#### EXTRACTED INFORMATION:

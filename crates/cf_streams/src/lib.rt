//! The input and the output of a run: what it takes and puts, and what is counted of it.
#![tactic(auto)]

mod taking;
mod tally;

pub use taking::take;
pub use tally::Tally;

#[cfg(test)]
mod tests;
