//! Runs of programs within limits, compared with what they have to do.

use crate::reader::{Wrong, read_items};
use cc_whole::{CProgram, CUnit};
use cc_whole_program::ValidProgram;
use cc_whole_run::{End, Limits, Machine, Ran};
use cc_whole_valid::is_valid;
use cf_base::{MemSink, MemSource};
use std::alloc::Global;
use std::process::Abort;
use std::test::Fail;

/// The library functions, and the head of `main` with its locals.
const LIBRARY: &str =
    "int putchar(int c); int getchar(void); void exit(int s); char *malloc(unsigned n); void free(char *p); int atexit(__f f);";

const HEAD: &str = "int main(void) { int x; int y; char c; char *p; char *q; __f f; int a[2];";

/// A short run.
pub const SHORT: Limits = Limits {
    ticks: 100,
    depth: 4,
    heap: 64,
};

/// A long run.
pub const LONG: Limits = Limits {
    ticks: 1_000_000,
    depth: 100,
    heap: 4096,
};

/// What a run has to do.
#[derive(Clone, Copy)]
pub struct Want<'a> {
    /// The bytes that it puts.
    pub out: &'a [u8],
    /// How many functions it enters.
    pub entered: u64,
    pub end: End,
}

/// The program of items and a `main` with these statements, where it is valid.
fn program(alloc: Global, items: &str, main: &str) -> Result<ValidProgram, Wrong> {
    let text = format!(in alloc; "{LIBRARY} {items} {HEAD} {main} }}")?;
    let items = read_items(alloc, text.as_str())?;
    match ValidProgram::new(alloc, CProgram { items })? {
        Some(program) => Ok(program),
        None => Err(Wrong::Invalid),
    }
}

/// Runs the program of items and a `main` with these statements. Its input is `hi`.
pub fn runs(
    rt: &impl Abort,
    alloc: Global,
    limits: Limits,
    items: &str,
    main: &str,
    want: Want<'_>,
) -> Result<(), Fail> {
    let program = program(alloc, items, main)?;
    let machine = Machine::new(alloc, program.tree(), limits);
    let mut input = MemSource::new(b"hi".as_slice().to_vec(alloc)?, Vec::new(alloc));
    let mut out = MemSink::new(alloc, 1000, Vec::new(alloc))?;
    let ran = machine.run(&mut input, &mut out)?;
    let wanted = Ran {
        end: want.end,
        entered: want.entered,
    };
    assert_eq!(rt; ran, wanted, "{main}");
    assert_eq!(rt; out.bytes(), want.out, "{main}");
    Ok(())
}

/// The same in a short run that puts nothing and enters no function.
pub fn ends(rt: &impl Abort, alloc: Global, items: &str, main: &str, end: End) -> Result<(), Fail> {
    let want = Want {
        out: b"".as_slice(),
        entered: 0,
        end,
    };
    runs(rt, alloc, SHORT, items, main, want)
}

/// Whether the unit of this text is valid. The library functions are declared before it.
pub fn valid(alloc: Global, text: &str) -> Result<bool, Wrong> {
    let text = format!(in alloc; "{LIBRARY} {text}")?;
    let items = read_items(alloc, text.as_str())?;
    Ok(is_valid(alloc, &CUnit { version: 1, items })?)
}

#### EXERCISE BRIEF:
Retype the complete listing verbatim.

#### EXPECTED ANSWER:
filename crates/cf_streams/src/lib.rt
//! The input and the output of a run: what it takes and puts, and what is counted of it.
#![tactic(auto)]

mod taking;
mod tally;

pub use taking::take;
pub use tally::Tally;

#[cfg(test)]
mod tests;
//! Runs of programs within limits, compared with what they have to do.

use crate::reader::{Wrong, read_items};
use cc_whole::{CProgram, CUnit};
use cc_whole_program::ValidProgram;
use cc_whole_run::{End, Limits, Machine, Ran};
use cc_whole_valid::is_valid;
use cf_base::{MemSink, MemSource};
use std::alloc::Global;
use std::process::Abort;
use std::test::Fail;

/// The library functions, and the head of `main` with its locals.
const LIBRARY: &str =
    "int putchar(int c); int getchar(void); void exit(int s); char *malloc(unsigned n); void free(char *p); int atexit(__f f);";

const HEAD: &str = "int main(void) { int x; int y; char c; char *p; char *q; __f f; int a[2];";

/// A short run.
pub const SHORT: Limits = Limits {
    ticks: 100,
    depth: 4,
    heap: 64,
};

/// A long run.
pub const LONG: Limits = Limits {
    ticks: 1_000_000,
    depth: 100,
    heap: 4096,
};

/// What a run has to do.
#[derive(Clone, Copy)]
pub struct Want<'a> {
    /// The bytes that it puts.
    pub out: &'a [u8],
    /// How many functions it enters.
    pub entered: u64,
    pub end: End,
}

/// The program of items and a `main` with these statements, where it is valid.
fn program(alloc: Global, items: &str, main: &str) -> Result<ValidProgram, Wrong> {
    let text = format!(in alloc; "{LIBRARY} {items} {HEAD} {main} }}")?;
    let items = read_items(alloc, text.as_str())?;
    match ValidProgram::new(alloc, CProgram { items })? {
        Some(program) => Ok(program),
        None => Err(Wrong::Invalid),
    }
}

/// Runs the program of items and a `main` with these statements. Its input is `hi`.
pub fn runs(
    rt: &impl Abort,
    alloc: Global,
    limits: Limits,
    items: &str,
    main: &str,
    want: Want<'_>,
) -> Result<(), Fail> {
    let program = program(alloc, items, main)?;
    let machine = Machine::new(alloc, program.tree(), limits);
    let mut input = MemSource::new(b"hi".as_slice().to_vec(alloc)?, Vec::new(alloc));
    let mut out = MemSink::new(alloc, 1000, Vec::new(alloc))?;
    let ran = machine.run(&mut input, &mut out)?;
    let wanted = Ran {
        end: want.end,
        entered: want.entered,
    };
    assert_eq!(rt; ran, wanted, "{main}");
    assert_eq!(rt; out.bytes(), want.out, "{main}");
    Ok(())
}

/// The same in a short run that puts nothing and enters no function.
pub fn ends(rt: &impl Abort, alloc: Global, items: &str, main: &str, end: End) -> Result<(), Fail> {
    let want = Want {
        out: b"".as_slice(),
        entered: 0,
        end,
    };
    runs(rt, alloc, SHORT, items, main, want)
}

/// Whether the unit of this text is valid. The library functions are declared before it.
pub fn valid(alloc: Global, text: &str) -> Result<bool, Wrong> {
    let text = format!(in alloc; "{LIBRARY} {text}")?;
    let items = read_items(alloc, text.as_str())?;
    Ok(is_valid(alloc, &CUnit { version: 1, items })?)
}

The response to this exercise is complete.